== Try it ==
Find every line in the data that contains the word "them". Return each of those lines.

##### Dataset extract

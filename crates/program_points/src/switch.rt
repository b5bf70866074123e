// Edges of `switch`.
ghost use Rattle.std.specs.Prelude.{◌≡◌, ◌++◌, ◌∷◌, [], IfOk, OnOk, reverse};
ghost use Rattle.program_points.specs.Chosen.{default_behind, piece_to, pieces_of};
ghost use Rattle.program_points.specs.Pieces.{end, stmts};
ghost use Rattle.program_points.specs.Rows as rows;

use crate::case::{Case, Entry};
use crate::chains::{add, chain, first_of, next_of, run};
use crate::file_edge::FileEdge;
use crate::kinds::is_case;
use crate::piece::{Piece, Which};
use crate::point::Point;
use crate::reading::{read, read_inner};
use std::alloc::{AllocError, Global};

// A case by its pieces.
fn case_of(pieces: &[Piece]) -> Case
    ensures { result ≡ rows.case_of (pieces_of pieces.now) }
{
    Case {
        value: first_of(Which::Exprs, pieces),
        first: first_of(Which::Stmts, pieces),
    }
}

// A case behind others, if a piece is one.
fn add_case<'a>(
    cases: &mut Vec<Case>,
    inner: &mut Vec<Piece<'a>>,
    piece: Piece<'a>,
) -> Result<(), AllocError>
    ensures { OnOk result (cases.new.items ≡ cases.old.items ++ rows.cases (piece_to piece.entry end)) }
{
    match piece {
        Piece::Word(_) | Piece::Expr(_) | Piece::Stmt(_) => Ok(()),
        Piece::Other(kind, _, parts) => {
            if !is_case(kind) {
                return Ok(());
            }
            read(inner, parts)?;
            cases.push(case_of(inner.as_slice()))?;
            Ok(())
        }
    }
}

// The cases among some pieces, in order.
#[tactic(auto, using(crate::proofs::SwitchLemmas::cases_piece))]
fn cases_of<'a>(alloc: Global, pieces: &[Piece<'a>]) -> Result<Vec<Case>, AllocError>
    ensures { IfOk result (λ cs. cs.items ≡ rows.cases (pieces_of pieces.now)) }
{
    let mut cases = Vec::new(alloc);
    let mut inner = Vec::new(alloc);
    let mut left = pieces;
    while let [piece, behind @ ..] = left {
        add_case(&mut cases, &mut inner, *piece)?;
        left = behind;
    }
    Ok(cases)
}

// Where evaluation goes on from the front of a case before others.
fn start(case: Case, behind: Point) -> Point
    ensures { result ≡ rows.before_or case.first behind }
{
    match case.first {
        None => behind,
        Some(first) => Point::Before(first),
    }
}

// The cases with where each goes on from its front, the last one first.
#[tactic(auto, using(crate::proofs::SwitchLemmas::entries_pop))]
fn entries_of(alloc: Global, node: u32, cases: Vec<Case>) -> Result<Vec<Entry>, AllocError>
    ensures { IfOk result (λ es. reverse es.items ≡ rows.entries cases.items (Point.After node)) }
{
    let mut left = cases;
    let mut at = Point::After(node);
    let mut entries = Vec::new(alloc);
    while let Some(case) = left.pop() {
        at = start(case, at);
        entries.push(Entry {
            value: case.value,
            start: at,
        })?;
    }
    Ok(entries)
}

// The test of a case, if it has a value.
fn test(
    edges: &mut Vec<FileEdge>,
    node: u32,
    from: Point,
    entry: Entry,
) -> Result<Point, AllocError>
    ensures edges { OnOk result (edges.new.items ≡ edges.old.items ++ rows.tests node from (entry ∷ [])) }
    ensures from { IfOk result (λ p. p ≡ rows.untested from (entry ∷ [])) }
{
    match entry.value {
        None => Ok(from),
        Some(value) => {
            add(edges, node, from, Point::Before(value))?;
            add(edges, node, Point::After(value), entry.start)?;
            Ok(Point::After(value))
        }
    }
}

// Where evaluation goes on if no value was the subject's: at the first default.
fn default_of(found: Option<Point>, entry: Entry) -> Option<Point>
    ensures { result ≡ default_behind found (entry ∷ []) }
{
    match found {
        Some(point) => Some(point),
        None => match entry.value {
            Some(_) => None,
            None => Some(entry.start),
        },
    }
}

// The tests of some cases, the last one first, and the step behind them.
#[tactic(auto, using(crate::proofs::SwitchLemmas::tests_pop, crate::proofs::SwitchLemmas::untested_pop, crate::proofs::SwitchLemmas::default_pop))]
fn test_all(
    edges: &mut Vec<FileEdge>,
    node: u32,
    from: Point,
    entries: Vec<Entry>,
) -> Result<(), AllocError>
    ensures { OnOk result (edges.new.items ≡ edges.old.items ++ (rows.tests node from (reverse entries.items)
        ++ rows.edge node (rows.untested from (reverse entries.items)) (rows.default_start
        (reverse entries.items) (Point.After node)))) }
{
    let mut left = entries;
    let mut at = from;
    let mut default = None;
    while let Some(entry) = left.pop() {
        at = test(edges, node, at, entry)?;
        default = default_of(default, entry);
    }
    add(edges, node, at, default.unwrap_or(Point::After(node)))?;
    Ok(())
}

// The statements of a case, behind others.
fn add_statements<'a>(all: &mut Vec<Piece<'a>>, piece: Piece<'a>) -> Result<(), AllocError>
    ensures { OnOk result (stmts (pieces_of all.new.items) ≡ stmts (pieces_of all.old.items)
        ++ rows.all_statements (piece_to piece.entry end)) }
{
    match piece {
        Piece::Word(_) | Piece::Expr(_) | Piece::Stmt(_) => Ok(()),
        Piece::Other(kind, _, parts) => {
            if !is_case(kind) {
                return Ok(());
            }
            read_inner(all, parts)?;
            Ok(())
        }
    }
}

// The statements of all cases.
#[tactic(auto, using(crate::proofs::SwitchLemmas::statements_piece))]
fn statements_of<'a>(alloc: Global, pieces: &[Piece<'a>]) -> Result<Vec<Piece<'a>>, AllocError>
    ensures { IfOk result (λ all. stmts (pieces_of all.items) ≡ rows.all_statements (pieces_of pieces.now)) }
{
    let mut all = Vec::new(alloc);
    let mut left = pieces;
    while let [piece, behind @ ..] = left {
        add_statements(&mut all, *piece)?;
        left = behind;
    }
    Ok(all)
}

// From the first on, each statement goes on to the next.
fn falls(edges: &mut Vec<FileEdge>, node: u32, pieces: &[Piece]) -> Result<(), AllocError>
    ensures { OnOk result (edges.new.items ≡ edges.old.items
        ++ rows.falls node (stmts (pieces_of pieces.now)) (Point.After node)) }
{
    match next_of(Which::Stmts, pieces) {
        None => Ok(()),
        Some((first, behind)) => {
            chain(
                edges,
                node,
                Point::After(first),
                Which::Stmts,
                behind,
                Point::After(node),
            )?;
            Ok(())
        }
    }
}

/// The subject, the values in turn, and the statements of each case.
pub(crate) fn switch_of<'a>(
    alloc: Global,
    edges: &mut Vec<FileEdge>,
    node: u32,
    pieces: &[Piece<'a>],
) -> Result<(), AllocError>
    ensures { OnOk result (edges.new.items ≡ edges.old.items ++ rows.switch_of node (pieces_of pieces.now)) }
{
    let from = run(edges, node, Point::Before(node), Which::Exprs, pieces)?;
    let cases = cases_of(alloc, pieces)?;
    let entries = entries_of(alloc, node, cases)?;
    test_all(edges, node, from, entries)?;
    let statements = statements_of(alloc, pieces)?;
    falls(edges, node, statements.as_slice())?;
    Ok(())
}
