// One walk over the nodes of a file: the edges of each.
ghost use Rattle.std.specs.Prelude.{◌≡◌, ◌++◌, IfOk, OnOk, ℕ, suc, reverse};
ghost use Rattle.php_tree.specs.Tree.{alone};
ghost use Rattle.php_rows.specs.Reading.{forest_in};
ghost use Rattle.program_points.specs.Edges as spec;
ghost use Rattle.program_points.specs.Flows.{flow_of as flow_of_kind};
ghost use Rattle.program_points.specs.Pieces.{pieces as spec_pieces};
ghost use Rattle.program_points.specs.Walked.{around_in, around_of};

use crate::around::{Stacks, enter_loop, heights, loop_of, lower, nothing};
use crate::chains::add;
use crate::file_edge::FileEdge;
use crate::flow::{Flow, flow_of};
use crate::frame::{Frame, Handler};
use crate::kinds::{has_points, is_elsewhere, is_try};
use crate::own::own_edges;
use crate::parts_around::{Tried, enter_part};
use crate::piece::Piece;
use crate::point::Point;
use crate::reading::read;
use crate::tries::{body_of, catches_of, last_of};
use php_rows::{Parts, Step};
use php_tree::NodeKind;
use std::alloc::{AllocError, Global};

// From both points of a node to each later part of the statements around it, the innermost last.
#[tactic(auto, using(crate::proofs::WalkLemmas::last_handler))]
fn handled(edges: &mut Vec<FileEdge>, node: u32, handlers: &[Handler]) -> Result<(), AllocError>
    ensures { OnOk result (edges.new.items ≡ edges.old.items ++ spec.handled node (reverse handlers.now)) }
{
    let mut count = handlers.len();
    while count > 0 {
        count -= 1;
        let handler = handlers[count];
        add(
            edges,
            handler.of,
            Point::Before(node),
            Point::Before(handler.start),
        )?;
        add(
            edges,
            handler.of,
            Point::After(node),
            Point::Before(handler.start),
        )?;
    }
    Ok(())
}

// The edges of a node's own; and the loop or switch that it is to the jumps inside it.
fn own_row<'a>(
    alloc: Global,
    edges: &mut Vec<FileEdge>,
    frames: &[Frame],
    room: &mut Vec<Piece<'a>>,
    flow: Flow,
    node: u32,
    parts: Parts<'a>,
) -> Result<Option<Frame>, AllocError>
    requires { parts.number ≡ suc node }
    ensures edges { OnOk result (edges.new.items ≡ edges.old.items
        ++ spec.by_flow flow node (forest_in parts.entry) (spec_pieces (suc node) (forest_in parts.entry))
        (reverse frames.now)) }
    ensures frame { IfOk result (λ f. f ≡ spec.loop_of flow node (spec_pieces (suc node) (forest_in parts.entry))) }
{
    if let Flow::Nowhere = flow {
        return Ok(None);
    }
    read(room, parts)?;
    own_edges(alloc, edges, flow, node, parts, room.as_slice(), frames)?;
    Ok(loop_of(flow, node, room.as_slice()))
}

// The edges of a node; and the loop or switch that it is to the jumps inside it.
fn row_edges<'a>(
    alloc: Global,
    edges: &mut Vec<FileEdge>,
    stacks: &Stacks,
    room: &mut Vec<Piece<'a>>,
    kind: NodeKind,
    node: u32,
    parts: Parts<'a>,
) -> Result<Option<Frame>, AllocError>
    requires { parts.number ≡ suc node }
    ensures edges { OnOk result (edges.new.items ≡ edges.old.items
        ++ spec.row kind node (forest_in parts.entry) (around_of stacks.now)) }
    ensures frame { IfOk result (λ f. f ≡ spec.loop_of (flow_of_kind kind) node (spec_pieces (suc node)
        (forest_in parts.entry))) }
{
    let frame = own_row(
        alloc,
        edges,
        stacks.frames.as_slice(),
        room,
        flow_of(kind),
        node,
        parts,
    )?;
    if !has_points(kind) {
        return Ok(frame);
    }
    handled(edges, node, stacks.handlers.as_slice())?;
    Ok(frame)
}

/// The parts of a node that have the same around them, each after the one before it. The only error here and below is
/// want of memory.
#[tactic(auto, using(crate::proofs::WalkLemmas::walked_first, crate::proofs::WalkLemmas::walked_leaf, crate::proofs::WalkLemmas::walked_last))]
#[cycle(walk)]
pub(crate) fn walk_parts<'a>(
    alloc: Global,
    edges: &mut Vec<FileEdge>,
    stacks: &mut Stacks,
    room: &mut Vec<Piece<'a>>,
    parts: Parts<'a>,
) -> Result<(), AllocError>
    ensures edges { OnOk result (edges.new.items ≡ edges.old.items
        ++ spec.edges (λ (m : ℕ). around_of stacks.old) parts.entry.number (forest_in parts.entry)) }
    ensures frames { OnOk result (stacks.new.frames.items ≡ stacks.old.frames.items) }
    ensures handlers { OnOk result (stacks.new.handlers.items ≡ stacks.old.handlers.items) }
{
    let mut left = parts;
    'parts: loop {
        match left.next() {
            None => return Ok(()),
            Some(Step::Leaf(_)) => {}
            Some(Step::Child(kind, number, inner)) => {
                walk_node(alloc, edges, stacks, room, kind, number, inner)?;
            }
        }
    }
}

// The parts of a `try`.
#[tactic(auto, using(crate::proofs::WalkLemmas::walked_first, crate::proofs::WalkLemmas::walked_leaf, crate::proofs::WalkLemmas::walked_last))]
#[cycle(walk)]
fn walk_try<'a>(
    alloc: Global,
    edges: &mut Vec<FileEdge>,
    stacks: &mut Stacks,
    room: &mut Vec<Piece<'a>>,
    tried: Tried<'_, 'a>,
    parts: Parts<'a>,
) -> Result<(), AllocError>
    ensures edges { OnOk result (edges.new.items ≡ edges.old.items
        ++ spec.edges (around_in tried.entry (around_of stacks.old)) parts.entry.number (forest_in parts.entry)) }
    ensures frames { OnOk result (stacks.new.frames.items ≡ stacks.old.frames.items) }
    ensures handlers { OnOk result (stacks.new.handlers.items ≡ stacks.old.handlers.items) }
{
    let mut left = parts;
    'parts: loop {
        match left.next() {
            None => return Ok(()),
            Some(Step::Leaf(_)) => {}
            Some(Step::Child(kind, number, inner)) => {
                let outside = heights(stacks);
                enter_part(stacks, tried, number)?;
                walk_node(alloc, edges, stacks, room, kind, number, inner)?;
                lower(stacks, outside);
            }
        }
    }
}

// The parts of a node in a loop, if it is one.
#[cycle(walk)]
fn walk_loop<'a>(
    alloc: Global,
    edges: &mut Vec<FileEdge>,
    stacks: &mut Stacks,
    room: &mut Vec<Piece<'a>>,
    frame: Option<Frame>,
    parts: Parts<'a>,
) -> Result<(), AllocError>
    ensures edges { OnOk result (edges.new.items ≡ edges.old.items
        ++ spec.edges (λ (m : ℕ). spec.in_loop frame (around_of stacks.old)) parts.entry.number
        (forest_in parts.entry)) }
    ensures frames { OnOk result (stacks.new.frames.items ≡ stacks.old.frames.items) }
    ensures handlers { OnOk result (stacks.new.handlers.items ≡ stacks.old.handlers.items) }
{
    let outside = heights(stacks);
    enter_loop(stacks, frame)?;
    walk_parts(alloc, edges, stacks, room, parts)?;
    lower(stacks, outside);
    Ok(())
}

// A node, and those inside it.
#[cycle(walk)]
fn walk_node<'a>(
    alloc: Global,
    edges: &mut Vec<FileEdge>,
    stacks: &mut Stacks,
    room: &mut Vec<Piece<'a>>,
    kind: NodeKind,
    number: u32,
    parts: Parts<'a>,
) -> Result<(), AllocError>
    requires { parts.number ≡ suc number }
    ensures edges { OnOk result (edges.new.items ≡ edges.old.items
        ++ spec.edges (λ (m : ℕ). around_of stacks.old) number (alone (kind, forest_in parts.entry))) }
    ensures frames { OnOk result (stacks.new.frames.items ≡ stacks.old.frames.items) }
    ensures handlers { OnOk result (stacks.new.handlers.items ≡ stacks.old.handlers.items) }
{
    let frame = row_edges(alloc, edges, stacks, room, kind, number, parts)?;
    if is_elsewhere(kind) {
        let mut fresh = nothing(alloc);
        walk_parts(alloc, edges, &mut fresh, room, parts)?;
        return Ok(());
    }
    if is_try(kind) {
        let mut pieces = Vec::new(alloc);
        read(&mut pieces, parts)?;
        let tried = Tried {
            node: number,
            body: body_of(pieces.as_slice()),
            catches: catches_of(pieces.as_slice()),
            last: last_of(pieces.as_slice()),
        };
        walk_try(alloc, edges, stacks, room, tried, parts)?;
        return Ok(());
    }
    walk_loop(alloc, edges, stacks, room, frame, parts)?;
    Ok(())
}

##########

== Worked solution ==
// The tests of some cases, the last one first, and the step behind them.
/// The parts of a node that have the same around them, each after the one before it. The only error here and below is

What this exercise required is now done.